> TASK GOAL: Within the data below, copy each line where the string "MissingAltRight" is found.

= = =

//! How queries are written: the texts of tokens, tests and patterns, and trees of tests; and long chains of OR and AND in
//! halves, which are no deeper than a chain of 64 parts and one for each halving, with trees of tests that are laid out so.
//!
//! `specs/` has the definitions; the functions are their laws: what is written is read again, and chains in halves mean the same.
#![tactic(auto)]

mod halves;
mod laws;
mod leaves;
mod patterns;

pub use halves::{
    halved_layout_is_fine, halved_layout_is_read, halved_layout_means_tree, halves_are_shallow,
    halves_mean_the_same,
};
pub use laws::{spelling_is_scanned, written_is_read};
pub use leaves::{leaves_are_read, leaves_are_sound};
pub use patterns::{glob_text_is_read, like_text_is_read};
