// What is shown of the definitions and the worked examples, as a contract.
ghost use Rattle.html2text.specs.Counts.{CountsAreRight};
ghost use Rattle.html2text.specs.Encoded.{TextIsUtf8};
ghost use Rattle.html2text.specs.Examples.{ExamplesAreRight};
ghost use Rattle.html2text.specs.MissingAlt.{MissingAltRight};
ghost use Rattle.html2text.specs.Promises.{AlikeRight, Demand3ForAll, PassesRight, WalkRight};

pub fn theorems()
    ensures walk { WalkRight }
    ensures passes { PassesRight }
    ensures alike { AlikeRight }
    ensures demand { Demand3ForAll }
    ensures encoding { TextIsUtf8 }
    ensures missing_alt { MissingAltRight }
    ensures examples { ExamplesAreRight }
    ensures counts { CountsAreRight }
{}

= = =

> RESPONSE AREA:
ghost use Rattle.html2text.specs.MissingAlt.{MissingAltRight};
    ensures missing_alt { MissingAltRight }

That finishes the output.